● WHAT TO WORK ON
Your answer must be a single number: how many lines in the records include the word "objects".

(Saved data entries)

========================================================================

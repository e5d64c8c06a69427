//! The graph of what the own declarations of bodies lead to: a node for each procedure, and behind these one for each type. An edge leads
//! from a body to the record type of each object that its own declarations create, and from a record type to what overrides its operations,
//! and to the record types of its components. Only record types count whose objects have controlled parts.

ghost use Rattle.std.specs.Prelude.{◌≡◌, ◌++◌, map, Some, IfOk, OnOk};
ghost use Rattle.ada_circles.specs.Circles as circles;
ghost use Rattle.ada_circles.specs.Edges as rules;
ghost use Rattle.ada_program.specs.Form.{declaration_form, initial_form, right_form};
ghost use Rattle.ada_program.specs.Kept.{types_in};
ghost use Rattle.ada_program.specs.ProgramForm.{body_form, part_form, program_form, type_form};
ghost use Rattle.ada_program.specs.WellFormed.{object_named};
ghost use Rattle.ada_reach.specs.View.{graph_of};

use ada_program::parts::finalization_of;
use ada_program::program::{
    Declaration, Operations, Part, PartKind, Procedure, Right, TypeDefinition,
};
use ada_program::{ProcedureNo, Program};
use std::alloc::{AllocError, Global};

/// The record type of the objects that an access type designates, or of the one that is known by a type: none, if it is a record type.
fn named_type(types: &[TypeDefinition], number: usize) -> Option<usize>
    ensures { result ≡ object_named (types_in types.now) (Some number) }
{
    match types.get(number) {
        Some(
            TypeDefinition::Access {
                name: _,
                designated,
                pool: _,
            },
        ) => Some(designated.0),
        Some(TypeDefinition::Object { record }) => Some(record.0),
        Some(TypeDefinition::Record { .. }) | None => None,
    }
}

/// The record type of the new object that is assigned, if it is one (4.8).
fn right_makes(types: &[TypeDefinition], right: &Right) -> Option<usize>
    ensures { result ≡ circles.right_makes (types_in types.now) (right_form right.now) }
{
    match right {
        Right::Null | Right::Path(_) | Right::Value(_) => None,
        Right::Allocator { access, items: _ } => named_type(types, access.0),
        Right::Default(access) => named_type(types, access.0),
    }
}

/// The record type of what a variable is given at first, if that is a new object (3.3.1).
fn initial_makes(types: &[TypeDefinition], initial: &Option<Right>) -> Option<usize>
    ensures { result ≡ circles.right_makes (types_in types.now) (initial_form initial.now) }
{
    match initial {
        None => None,
        Some(right) => right_makes(types, right),
    }
}

/// The record type of the object that a declaration creates, if it creates one: the declared object, or what a variable is given at
/// first (3.3.1).
fn declaration_makes(types: &[TypeDefinition], declaration: &Declaration) -> Option<usize>
    ensures { result ≡ circles.declaration_makes (types_in types.now) (declaration_form declaration.now) }
{
    match declaration {
        Declaration::Pool(_) | Declaration::Collection(_) => None,
        Declaration::Variable {
            variable: _,
            initial,
        } => initial_makes(types, initial),
        Declaration::Record {
            variable: _,
            object,
            initial: _,
        } => named_type(types, object.0),
    }
}

/// An edge leads to the node of a record type, behind so many procedures, where its objects have controlled parts. Constant.
///
/// # Errors
/// `AllocError` where memory was refused, or holds no such node.
fn push_type(
    edges: &mut Vec<usize>,
    types: &[TypeDefinition],
    procedures: usize,
    number: usize,
) -> Result<(), AllocError>
    ensures { OnOk result (edges.new.items ≡ edges.old.items ++ rules.to_type (types_in types.now) procedures number) }
{
    if finalization_of(types, number).is_some() {
        let Some(node) = procedures.checked_add(number) else {
            return Err(AllocError);
        };
        edges.push(node)?;
    }
    Ok(())
}

/// An edge leads to the record type of an object, if one is created.
fn push_created(
    edges: &mut Vec<usize>,
    types: &[TypeDefinition],
    procedures: usize,
    record_type: Option<usize>,
) -> Result<(), AllocError>
    ensures { OnOk result (edges.new.items ≡ edges.old.items ++ rules.to_created (types_in types.now) procedures record_type) }
{
    match record_type {
        None => Ok(()),
        Some(number) => push_type(edges, types, procedures, number),
    }
}

/// Edges lead to the record types of what declarations create. Linear in the declarations.
fn push_declared(
    edges: &mut Vec<usize>,
    types: &[TypeDefinition],
    procedures: usize,
    declarations: &[Declaration],
) -> Result<(), AllocError>
    ensures { OnOk result (edges.new.items
        ≡ edges.old.items ++ rules.to_declared (types_in types.now) procedures (map declaration_form declarations.now)) }
{
    'declarations: for declaration in declarations {
        let made = declaration_makes(types, declaration);
        push_created(edges, types, procedures, made)?;
    }
    Ok(())
}

/// An edge leads to what overrides an operation, if something does.
fn push_operation(
    edges: &mut Vec<usize>,
    procedures: usize,
    operation: Option<ProcedureNo>,
) -> Result<(), AllocError>
    ensures { OnOk result (edges.new.items ≡ edges.old.items ++ rules.to_operation procedures operation) }
{
    match operation {
        None => Ok(()),
        Some(number) => {
            if number.0 < procedures {
                edges.push(number.0)?;
            }
            Ok(())
        }
    }
}

/// Edges lead to what overrides the operations of a type.
fn push_operations(
    edges: &mut Vec<usize>,
    procedures: usize,
    operations: Operations,
) -> Result<(), AllocError>
    ensures { OnOk result (edges.new.items ≡ edges.old.items ++ rules.to_operations procedures operations) }
{
    push_operation(edges, procedures, operations.initialize)?;
    push_operation(edges, procedures, operations.adjust)?;
    push_operation(edges, procedures, operations.finalize)
}

/// An edge leads to the record type of a declared component, if it is a record.
fn push_component(
    edges: &mut Vec<usize>,
    types: &[TypeDefinition],
    procedures: usize,
    kind: PartKind,
) -> Result<(), AllocError>
    ensures { OnOk result (edges.new.items ≡ edges.old.items ++ rules.to_part (types_in types.now) procedures kind) }
{
    match kind {
        PartKind::Elementary(_) | PartKind::Parent => Ok(()),
        PartKind::Record(number) => push_type(edges, types, procedures, number.0),
    }
}

/// Edges lead to the record types of declared components. Linear in the components.
fn push_components(
    edges: &mut Vec<usize>,
    types: &[TypeDefinition],
    procedures: usize,
    parts: &[Part],
) -> Result<(), AllocError>
    ensures { OnOk result (edges.new.items
        ≡ edges.old.items ++ rules.to_parts (types_in types.now) procedures (map part_form parts.now)) }
{
    'parts: for part in parts {
        push_component(edges, types, procedures, part.kind)?;
    }
    Ok(())
}

/// The edges of a body. Linear in its declarations.
fn edges_of_body(
    alloc: Global,
    types: &[TypeDefinition],
    procedures: usize,
    procedure: &Procedure,
) -> Result<Vec<usize>, AllocError>
    ensures { IfOk result (λ edges. edges.items ≡ rules.from_body (types_in types.now) procedures (body_form procedure.now)) }
{
    let mut edges = Vec::new(alloc);
    push_declared(&mut edges, types, procedures, &procedure.declarations)?;
    Ok(edges)
}

/// The edges of a type. Linear in its components.
fn edges_of_type(
    alloc: Global,
    types: &[TypeDefinition],
    procedures: usize,
    definition: &TypeDefinition,
) -> Result<Vec<usize>, AllocError>
    ensures { IfOk result (λ edges. edges.items ≡ rules.from_type (types_in types.now) procedures (type_form definition.now)) }
{
    let mut edges = Vec::new(alloc);
    if let TypeDefinition::Record {
        name: _,
        parts,
        components: _,
        finalization: Some(finalization),
    } = definition
    {
        push_operations(&mut edges, procedures, finalization.operations)?;
        push_components(&mut edges, types, procedures, parts)?;
    }
    Ok(edges)
}

/// The nodes of procedures come behind others. Linear in the bodies.
fn push_bodies(
    alloc: Global,
    graph: &mut Vec<Vec<usize>>,
    types: &[TypeDefinition],
    count: usize,
    procedures: &[Procedure],
) -> Result<(), AllocError>
    ensures { OnOk result (graph_of graph.new.items
        ≡ graph_of graph.old.items ++ rules.from_bodies (types_in types.now) count (map body_form procedures.now)) }
{
    'procedures: for procedure in procedures {
        let edges = edges_of_body(alloc, types, count, procedure)?;
        graph.push(edges)?;
    }
    Ok(())
}

/// So do those of types. Linear in the types.
fn push_types(
    alloc: Global,
    graph: &mut Vec<Vec<usize>>,
    types: &[TypeDefinition],
    count: usize,
) -> Result<(), AllocError>
    ensures { OnOk result (graph_of graph.new.items
        ≡ graph_of graph.old.items ++ rules.from_types (types_in types.now) count (types_in types.now)) }
{
    'types: for definition in types {
        let edges = edges_of_type(alloc, types, count, definition)?;
        graph.push(edges)?;
    }
    Ok(())
}

/// The graph of a program. Linear in the bodies and the types.
///
/// # Errors
/// `AllocError` where memory was refused.
pub(crate) fn edges(alloc: Global, program: &Program) -> Result<Vec<Vec<usize>>, AllocError>
    ensures { IfOk result (λ graph. graph_of graph.items ≡ rules.edges (program_form program.now)) }
{
    let mut graph = Vec::new(alloc);
    let count = program.procedures.len();
    push_bodies(
        alloc,
        &mut graph,
        &program.types,
        count,
        &program.procedures,
    )?;
    push_types(alloc, &mut graph, &program.types, count)?;
    Ok(graph)
}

========================================================================

● RESPONSE AREA
3